[RECORDED INFORMATION — start]

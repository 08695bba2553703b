// The plan program: a duty set on standard input, its plan or `refused NUMBER PLACE` on standard output.
// `as` stands where std has no `From` (32 bits to usize, usize to u64), or where it is proved that nothing is lost (d).
#![tactic(auto)]

ghost use Rattle.std.specs.Prelude.{◌≤◌, length};
ghost use Rattle.paper.specs.Limits.{text_room};
ghost use Rattle.paper.specs.Outcome.{Puts};
ghost use Rattle.paper.specs.Builder.{plan};
ghost use Rattle.paper.specs.Rules.{accepted};
ghost use Rattle.paper.specs.Text.{printed, program};
ghost use Rattle.plan_input.specs.AsWanted.{wanted_in, HasRoom};

use builder::build;
use judge::rule_on;
use line_print::print_refused;
use paper::limits::{MOST_INPUT, MOST_TABLE, TEXT_ROOM};
use paper::{Input, Refusal};
use plan_input::read_input;
use plan_text::print_text;
use row_edges::Edges;
use std::io;
use std::io::{Read, Write};

// The plan in table bytes, or their refusal.
fn print_plan(out: &mut [u8], table: &[u8]) -> usize
    requires { text_room ≤ length out.old }
    ensures { Puts (printed (accepted table.now)) out.old out.new result }
{
    let mut edges = Edges::new();
    match rule_on(table, &mut edges) {
        Ok(accepted) => print_text(out, &accepted),
        Err(fault) => print_refused(out, Refusal::Table(fault)),
    }
}

// The plan of what was read, in blocks of the greatest length, or the builder's refusal. Every table has room in as many bytes as the
// longest has.
fn print_planned(out: &mut [u8], given: Input) -> usize
    requires text_room_in_bounds { text_room ≤ length out.old }
    requires has_room { HasRoom given }
    ensures { Puts (printed (plan 0 (wanted_in given))) out.old out.new result }
{
    let n = given.duties as usize;
    let services = given.services;
    let periods = given.periods;
    let mut table = [0; MOST_TABLE];
    match build(0, given.engines, &services[..n], &periods[..n], &mut table) {
        Ok(size) => print_plan(out, &table[..size]),
        Err(why) => print_refused(out, why),
    }
}

// Runs the program on what it reads. What it prints is over the front of the buffer; the answer is its length.
fn run_plan(input: &[u8], out: &mut [u8; TEXT_ROOM]) -> usize
    ensures { Puts (program input.now) out.old out.new result }
{
    match read_input(input) {
        Ok(given) => print_planned(out, given),
        Err(why) => print_refused(out, why),
    }
}

// Reads, runs and prints. One byte more than the longest input is read, so that a longer one is seen; each read gives a byte or more until
// the input ends. A read that fails ends the program with the error. Output that is lost is told on standard error, and the status stays 0.
fn main(rt: HostRuntime) -> io::Result<()> {
    let mut input = [0u8; MOST_INPUT + 1];
    let mut n = 0;
    for _ in 0..=MOST_INPUT {
        let more = rt.stdin().read(&mut input[n..])?;
        if more == 0 {
            break;
        }
        n += more;
    }
    let mut out = [0u8; TEXT_ROOM];
    let length = run_plan(&input[..n], &mut out);
    match rt.stdout().write_all(&out[..length]) {
        Ok(()) => Ok(()),
        Err(_) => rt
            .stderr()
            .write_all(b"plan: the output could not be written\n"),
    }
}
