// The bytes of SA1's table: the head, the duties, the runs and the end.
// `as` stands where std has no `From` (32 bits to usize, usize to u64), or where it is proved that nothing is lost (d).
#![tactic(auto)]

ghost use Rattle.std.specs.Prelude.{◌≡◌, ◌+◌, ◌*◌, ◌≤◌, length};
ghost use Rattle.laws.specs.Lists.{over};
ghost use Rattle.paper.specs.Sa1.{slices, sa1};
ghost use Rattle.paper.specs.Limits.{small, run_length, table_length};
ghost use Rattle.paper.specs.Bytes.{bytes_of};
ghost use Rattle.sa1_runs.specs.Laying.{laid_at, laid_from, runs_at, corner};
ghost use Rattle.sa1_table.specs.RunBytes.{runs_bytes, records_bytes, records_length};

use paper::limits::{DUTY_LENGTH, HEAD_LENGTH, RUN_LENGTH};
use record_write::{put_duty, put_end, put_head, put_run};
use sa1_measure::Laying;
use sa1_runs::{Place, Slice};
use slices::share_of;

// Writes the runs of duty i, whose slice this is, each where the last one stopped, and answers how many bytes they have.
#[tactic(auto, unfolding(sa1_runs::specs::Laying::runs_at))]
fn put_duty_runs(out: &mut [u8], slice: &Slice, i: u32) -> usize
    requires { run_length small * runs_at slice.now.ticks slice.now.units slice.now.from.unit ≤ length out.old }
    ensures { (out.new
        ≡ over (runs_bytes (laid_at slice.now.ticks slice.now.units i slice.now.from)) out.old)
        × (result ≡ run_length small * runs_at slice.now.ticks slice.now.units slice.now.from.unit) }
{
    put_run(out, slice.first_run(i));
    if slice.runs() == 1 {
        return RUN_LENGTH;
    }
    put_run(&mut out[RUN_LENGTH..], slice.second_run(i));
    2 * RUN_LENGTH
}

// Writes the duties over the front of the lent rest and SA1's runs behind them, a duty's record and its runs by turns, each where the last
// of its kind stopped. Answers how many bytes they have.
fn put_records(out: &mut [u8], laying: &Laying) -> usize
    requires { records_length laying.now.ticks laying.now.duties ≤ length out.old }
    ensures { (out.new ≡ over (records_bytes laying.now.ticks laying.now.duties) out.old)
        × (result ≡ records_length laying.now.ticks laying.now.duties) }
{
    let ticks = laying.ticks();
    let count = laying.duty_count();
    let mut at = DUTY_LENGTH * count;
    let mut place = Place::CORNER;
    for i in 0..count {
        let x = laying.duty(i);
        let record = DUTY_LENGTH * i;
        put_duty(&mut out[record..], x);
        let slice = Slice::new(ticks, share_of(ticks, x).units, place);
        // `as`, since it is proved that nothing is lost: `u32::try_from` would have an error that cannot come.
        at += put_duty_runs(&mut out[at..], &slice, i as u32);
        place = slice.after();
    }
    at
}

// Writes SA1's table over the front of a buffer that has the room: head, duties, runs, end.
pub fn put_table(out: &mut [u8], laying: &Laying, runs: usize)
    requires { (runs ≡ length (laid_from laying.now.ticks (slices laying.now.ticks laying.now.duties) 0 corner))
        × (runs ≤ 2 * length laying.now.duties) × (table_length small (length laying.now.duties) runs ≤ length out.old) }
    ensures { out.new ≡ over (bytes_of (sa1 laying.now.ticks laying.now.engines laying.now.duties)) out.old }
{
    // `as` here too.
    put_head(
        out,
        laying.ticks(),
        laying.engines(),
        laying.duty_count() as u32,
    );
    let end = HEAD_LENGTH + put_records(&mut out[HEAD_LENGTH..], laying);
    put_end(&mut out[end..], runs as u32);
}
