// What a call is handed of a sample, as structs of lent slices: the text that kmers are places of, and the reads in it.
#![tactic(auto)]

ghost use Rattle.std.specs.Prelude.{◌≡◌, ◌<◌, length, get_or};
ghost use Rattle.definition.specs.Limits.{is_base};
ghost use Rattle.samples.specs.Handed.{text_of};

// The letters that a base is written by, N where it could not be told.
pub fn is_base(letter: u8) -> bool
    ensures { result ≡ is_base letter }
{
    matches!(letter, b'A' | b'C' | b'G' | b'T' | b'N')
}

// The text: the reference with the read bases after it.
#[derive(Clone, Copy)]
pub struct Text<'a> {
    pub reference: &'a [u8],
    pub bases: &'a [u8],
}

impl<'a> Text<'a> {
    // The byte at a place of the text.
    pub fn byte_at(self, p: usize) -> u8
        requires { p < length (text_of self) }
        ensures { result ≡ get_or (text_of self.entry) p 0 }
    {
        let n = self.reference.len();
        if p < n {
            return self.reference[p];
        }
        self.bases[p - n]
    }
}

// k, the minimum quality, the text, where each read ends in the bases, and a quality for each base.
#[derive(Clone, Copy)]
pub struct Sample<'a> {
    pub k: u32,
    pub quality: u8,
    pub text: Text<'a>,
    pub ends: &'a [u32],
    pub qualities: &'a [u8],
}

[RECORDED INFORMATION — finish]

*WHAT IS BEING ASKED:*
Within the data above, the span starting at the line containing "let record = DUTY_LENGTH * i;" and ending at the line containing "duties, runs, end." is to be retyped exactly, with no other lines.

*RESULT OF THIS EXERCISE:*
        let record = DUTY_LENGTH * i;
        put_duty(&mut out[record..], x);
        let slice = Slice::new(ticks, share_of(ticks, x).units, place);
        // `as`, since it is proved that nothing is lost: `u32::try_from` would have an error that cannot come.
        at += put_duty_runs(&mut out[at..], &slice, i as u32);
        place = slice.after();
    }
    at
}

// Writes SA1's table over the front of a buffer that has the room: head, duties, runs, end.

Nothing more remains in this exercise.